Repeat the data below exactly, with every entry included.

(Extracted data entries)
* * *
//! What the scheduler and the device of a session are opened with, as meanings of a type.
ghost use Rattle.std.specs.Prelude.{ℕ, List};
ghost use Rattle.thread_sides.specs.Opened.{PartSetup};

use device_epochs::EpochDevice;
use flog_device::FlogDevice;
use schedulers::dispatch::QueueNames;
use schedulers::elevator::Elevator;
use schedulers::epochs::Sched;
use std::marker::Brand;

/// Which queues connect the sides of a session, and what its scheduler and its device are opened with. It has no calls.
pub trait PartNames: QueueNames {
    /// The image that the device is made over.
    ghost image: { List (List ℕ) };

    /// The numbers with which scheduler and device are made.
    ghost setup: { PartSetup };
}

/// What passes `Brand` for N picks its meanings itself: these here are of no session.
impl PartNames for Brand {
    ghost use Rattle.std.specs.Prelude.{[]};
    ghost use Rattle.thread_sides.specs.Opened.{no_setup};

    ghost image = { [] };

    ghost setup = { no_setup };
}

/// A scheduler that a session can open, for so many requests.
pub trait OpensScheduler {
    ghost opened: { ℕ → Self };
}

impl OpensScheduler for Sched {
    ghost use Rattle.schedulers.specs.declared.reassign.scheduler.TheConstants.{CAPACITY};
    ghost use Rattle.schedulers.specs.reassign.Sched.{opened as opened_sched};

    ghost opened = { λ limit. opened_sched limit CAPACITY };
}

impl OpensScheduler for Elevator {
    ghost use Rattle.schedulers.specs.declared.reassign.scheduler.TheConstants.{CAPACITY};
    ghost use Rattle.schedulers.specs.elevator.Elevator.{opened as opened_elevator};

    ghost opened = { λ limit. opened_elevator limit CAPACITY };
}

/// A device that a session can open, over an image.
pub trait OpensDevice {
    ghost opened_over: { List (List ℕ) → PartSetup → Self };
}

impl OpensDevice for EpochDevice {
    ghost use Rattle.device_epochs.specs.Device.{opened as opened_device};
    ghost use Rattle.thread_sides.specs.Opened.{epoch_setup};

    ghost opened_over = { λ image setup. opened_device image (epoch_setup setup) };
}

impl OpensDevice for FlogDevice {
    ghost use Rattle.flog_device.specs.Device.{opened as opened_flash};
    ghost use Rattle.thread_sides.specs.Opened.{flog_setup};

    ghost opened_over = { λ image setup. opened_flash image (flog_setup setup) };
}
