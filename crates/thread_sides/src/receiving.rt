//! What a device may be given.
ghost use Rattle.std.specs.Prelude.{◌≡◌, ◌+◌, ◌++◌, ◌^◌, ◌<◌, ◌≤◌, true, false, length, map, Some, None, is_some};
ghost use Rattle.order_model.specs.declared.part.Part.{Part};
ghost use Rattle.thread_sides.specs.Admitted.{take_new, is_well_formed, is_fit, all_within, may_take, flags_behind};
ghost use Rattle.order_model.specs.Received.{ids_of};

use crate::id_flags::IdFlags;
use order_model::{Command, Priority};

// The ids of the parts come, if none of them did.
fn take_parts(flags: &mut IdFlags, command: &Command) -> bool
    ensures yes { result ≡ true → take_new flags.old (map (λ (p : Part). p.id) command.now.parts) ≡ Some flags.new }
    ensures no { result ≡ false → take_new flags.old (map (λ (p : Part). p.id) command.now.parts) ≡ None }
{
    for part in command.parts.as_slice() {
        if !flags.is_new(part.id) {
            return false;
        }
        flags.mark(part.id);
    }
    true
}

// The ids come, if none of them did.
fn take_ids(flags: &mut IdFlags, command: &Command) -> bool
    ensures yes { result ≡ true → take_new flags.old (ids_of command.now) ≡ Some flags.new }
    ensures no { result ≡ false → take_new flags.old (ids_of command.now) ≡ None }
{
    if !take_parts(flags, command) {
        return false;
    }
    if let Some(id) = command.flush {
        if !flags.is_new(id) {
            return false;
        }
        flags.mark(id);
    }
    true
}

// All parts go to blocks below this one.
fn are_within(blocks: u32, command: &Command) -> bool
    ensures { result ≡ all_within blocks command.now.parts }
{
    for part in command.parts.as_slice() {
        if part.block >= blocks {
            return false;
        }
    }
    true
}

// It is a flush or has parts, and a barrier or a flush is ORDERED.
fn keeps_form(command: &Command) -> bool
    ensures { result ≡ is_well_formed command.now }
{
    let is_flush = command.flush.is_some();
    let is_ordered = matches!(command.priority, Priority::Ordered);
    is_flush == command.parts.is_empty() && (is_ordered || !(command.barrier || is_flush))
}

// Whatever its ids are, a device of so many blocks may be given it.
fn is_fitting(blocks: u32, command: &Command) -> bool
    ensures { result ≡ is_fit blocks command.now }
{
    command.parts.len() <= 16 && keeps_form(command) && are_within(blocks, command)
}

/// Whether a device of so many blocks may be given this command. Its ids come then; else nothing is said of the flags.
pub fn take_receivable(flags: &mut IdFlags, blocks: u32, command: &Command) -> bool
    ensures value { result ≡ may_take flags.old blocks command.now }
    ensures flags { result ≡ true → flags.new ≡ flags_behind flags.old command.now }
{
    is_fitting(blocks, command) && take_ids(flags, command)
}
* * *
#### Task answer
//! What the scheduler and the device of a session are opened with, as meanings of a type.
ghost use Rattle.std.specs.Prelude.{ℕ, List};
ghost use Rattle.thread_sides.specs.Opened.{PartSetup};

use device_epochs::EpochDevice;
use flog_device::FlogDevice;
use schedulers::dispatch::QueueNames;
use schedulers::elevator::Elevator;
use schedulers::epochs::Sched;
use std::marker::Brand;

/// Which queues connect the sides of a session, and what its scheduler and its device are opened with. It has no calls.
pub trait PartNames: QueueNames {
    /// The image that the device is made over.
    ghost image: { List (List ℕ) };

    /// The numbers with which scheduler and device are made.
    ghost setup: { PartSetup };
}

/// What passes `Brand` for N picks its meanings itself: these here are of no session.
impl PartNames for Brand {
    ghost use Rattle.std.specs.Prelude.{[]};
    ghost use Rattle.thread_sides.specs.Opened.{no_setup};

    ghost image = { [] };

    ghost setup = { no_setup };
}

/// A scheduler that a session can open, for so many requests.
pub trait OpensScheduler {
    ghost opened: { ℕ → Self };
}

impl OpensScheduler for Sched {
    ghost use Rattle.schedulers.specs.declared.reassign.scheduler.TheConstants.{CAPACITY};
    ghost use Rattle.schedulers.specs.reassign.Sched.{opened as opened_sched};

    ghost opened = { λ limit. opened_sched limit CAPACITY };
}

impl OpensScheduler for Elevator {
    ghost use Rattle.schedulers.specs.declared.reassign.scheduler.TheConstants.{CAPACITY};
    ghost use Rattle.schedulers.specs.elevator.Elevator.{opened as opened_elevator};

    ghost opened = { λ limit. opened_elevator limit CAPACITY };
}

/// A device that a session can open, over an image.
pub trait OpensDevice {
    ghost opened_over: { List (List ℕ) → PartSetup → Self };
}

impl OpensDevice for EpochDevice {
    ghost use Rattle.device_epochs.specs.Device.{opened as opened_device};
    ghost use Rattle.thread_sides.specs.Opened.{epoch_setup};

    ghost opened_over = { λ image setup. opened_device image (epoch_setup setup) };
}

impl OpensDevice for FlogDevice {
    ghost use Rattle.flog_device.specs.Device.{opened as opened_flash};
    ghost use Rattle.thread_sides.specs.Opened.{flog_setup};

    ghost opened_over = { λ image setup. opened_flash image (flog_setup setup) };
}
filename crates/thread_sides/src/receiving.rt
//! What a device may be given.
ghost use Rattle.std.specs.Prelude.{◌≡◌, ◌+◌, ◌++◌, ◌^◌, ◌<◌, ◌≤◌, true, false, length, map, Some, None, is_some};
ghost use Rattle.order_model.specs.declared.part.Part.{Part};
ghost use Rattle.thread_sides.specs.Admitted.{take_new, is_well_formed, is_fit, all_within, may_take, flags_behind};
ghost use Rattle.order_model.specs.Received.{ids_of};

use crate::id_flags::IdFlags;
use order_model::{Command, Priority};

// The ids of the parts come, if none of them did.
fn take_parts(flags: &mut IdFlags, command: &Command) -> bool
    ensures yes { result ≡ true → take_new flags.old (map (λ (p : Part). p.id) command.now.parts) ≡ Some flags.new }
    ensures no { result ≡ false → take_new flags.old (map (λ (p : Part). p.id) command.now.parts) ≡ None }
{
    for part in command.parts.as_slice() {
        if !flags.is_new(part.id) {
            return false;
        }
        flags.mark(part.id);
    }
    true
}

// The ids come, if none of them did.
fn take_ids(flags: &mut IdFlags, command: &Command) -> bool
    ensures yes { result ≡ true → take_new flags.old (ids_of command.now) ≡ Some flags.new }
    ensures no { result ≡ false → take_new flags.old (ids_of command.now) ≡ None }
{
    if !take_parts(flags, command) {
        return false;
    }
    if let Some(id) = command.flush {
        if !flags.is_new(id) {
            return false;
        }
        flags.mark(id);
    }
    true
}

// All parts go to blocks below this one.
fn are_within(blocks: u32, command: &Command) -> bool
    ensures { result ≡ all_within blocks command.now.parts }
{
    for part in command.parts.as_slice() {
        if part.block >= blocks {
            return false;
        }
    }
    true
}

// It is a flush or has parts, and a barrier or a flush is ORDERED.
fn keeps_form(command: &Command) -> bool
    ensures { result ≡ is_well_formed command.now }
{
    let is_flush = command.flush.is_some();
    let is_ordered = matches!(command.priority, Priority::Ordered);
    is_flush == command.parts.is_empty() && (is_ordered || !(command.barrier || is_flush))
}

// Whatever its ids are, a device of so many blocks may be given it.
fn is_fitting(blocks: u32, command: &Command) -> bool
    ensures { result ≡ is_fit blocks command.now }
{
    command.parts.len() <= 16 && keeps_form(command) && are_within(blocks, command)
}

/// Whether a device of so many blocks may be given this command. Its ids come then; else nothing is said of the flags.
pub fn take_receivable(flags: &mut IdFlags, blocks: u32, command: &Command) -> bool
    ensures value { result ≡ may_take flags.old blocks command.now }
    ensures flags { result ≡ true → flags.new ≡ flags_behind flags.old command.now }
{
    is_fitting(blocks, command) && take_ids(flags, command)
}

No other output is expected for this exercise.